Existing studies on constrained reinforcement learning (RL) may obtain a
well-performing policy in the training environment. However, when deployed in a
real environment, it may easily violate constraints that were originally
satisfied during training because there might be model mismatch between the
training and real environments. To address the above challenge, we formulate
the problem as constrained RL under model uncertainty, where the goal is to
learn a good policy that optimizes the reward and at the same time satisfy the
constraint under model mismatch.
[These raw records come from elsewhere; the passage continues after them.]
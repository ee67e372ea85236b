// Where bytes go.
ghost use Rattle.std.specs.Prelude.{ℕ, List, Result};
ghost use Rattle.redo_io.specs.declared.fault.IoFault.{IoFault};
ghost use Rattle.redo_io.specs.Ends.{SinkSeen};
ghost use Rattle.redo_io.specs.Steps.{SinkStep};

use crate::IoFault;

/// What bytes are written to.
///
/// The ghost member `write_gives` is all that the sink's own contract says of one write. A caller that hands it on has
/// made that write, once.
pub trait Sink {
    /// What a writer to the sink sees of it. Its count of faults never falls.
    ghost seen: { Self → SinkSeen };

    /// What a write gives: the sink before, the bytes, the answer and the sink after.
    ghost write_gives: { Self → List ℕ → Result ℕ IoFault → Self → Type 0 } = { λ _ _ _ _. Unit {0} };

    /// Takes some bytes off the front, and says how many. To take none of a slice that isn't empty is a fault.
    fn write(&mut self, bytes: &[u8]) -> Result<usize, IoFault>
        ensures step { SinkStep bytes.now (seen self.old) result (seen self.new) }
        ensures gives { write_gives self.old bytes.now result self.new };
}
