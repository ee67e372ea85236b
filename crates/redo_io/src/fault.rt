// What goes wrong in a read or a write.
ghost use Rattle.std.specs.Prelude.{◌≡◌};
ghost use Rattle.redo_io.specs.declared.fault.ReadFault.TheVariants.{Fault, NoMemory};

use std::alloc::AllocError;
use thiserror::Error;

/// A read or a write failed.
#[derive(Clone, Copy, Debug, PartialEq, Eq, Error)]
pub enum IoFault {
    /// The source or the sink has counted the fault.
    #[error("a read or a write failed")]
    Failed,
}

/// Why a text was not read.
#[derive(Clone, Copy, Debug, PartialEq, Eq, Error)]
pub enum ReadFault {
    /// A read failed.
    #[error("a read failed")]
    Fault,
    /// There are more bytes than the limit.
    #[error("the text is too long")]
    TooLong,
    /// Memory ran out.
    #[error("out of memory")]
    NoMemory,
}

impl From<IoFault> for ReadFault {
    ghost from_gives = { λ _ fault. fault ≡ Fault };

    fn from(_fault: IoFault) -> ReadFault {
        ReadFault::Fault
    }
}

impl From<AllocError> for ReadFault {
    ghost from_gives = { λ _ fault. fault ≡ NoMemory };

    fn from(_error: AllocError) -> ReadFault {
        ReadFault::NoMemory
    }
}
We develop a Robust Constrained Policy
Optimization (RCPO) algorithm, which is the first algorithm that applies to
large/continuous state space and has theoretical guarantees on worst-case
reward improvement and constraint violation at each iteration during the
training. We demonstrate the effectiveness of our algorithm on a set of RL
tasks with constraints.

在训练环境下，现有的关于约束强化学习（RL）的研究可能可以获得良好的策略。然而，在真实环境中部署时，由于训练与真实环境之间可能存在模型不匹配，它可能很容易违反最初满足的约束。为了解决上述挑战，我们将问题形式化为模型不确定性下的约束强化学习，即旨在学习一个能够优化奖励并同时满足模型不匹配下的约束的良好策略。我们提出了一种名为鲁棒约束策略优化（RCPO）的算法，这是一种适用于大型 / 连续状态空间且在训练期间每次迭代都具有最坏情况奖励改进和约束违规的理论保证的算法。我们在一组具有约束条件的强化学习任务上展示了我们算法的有效性。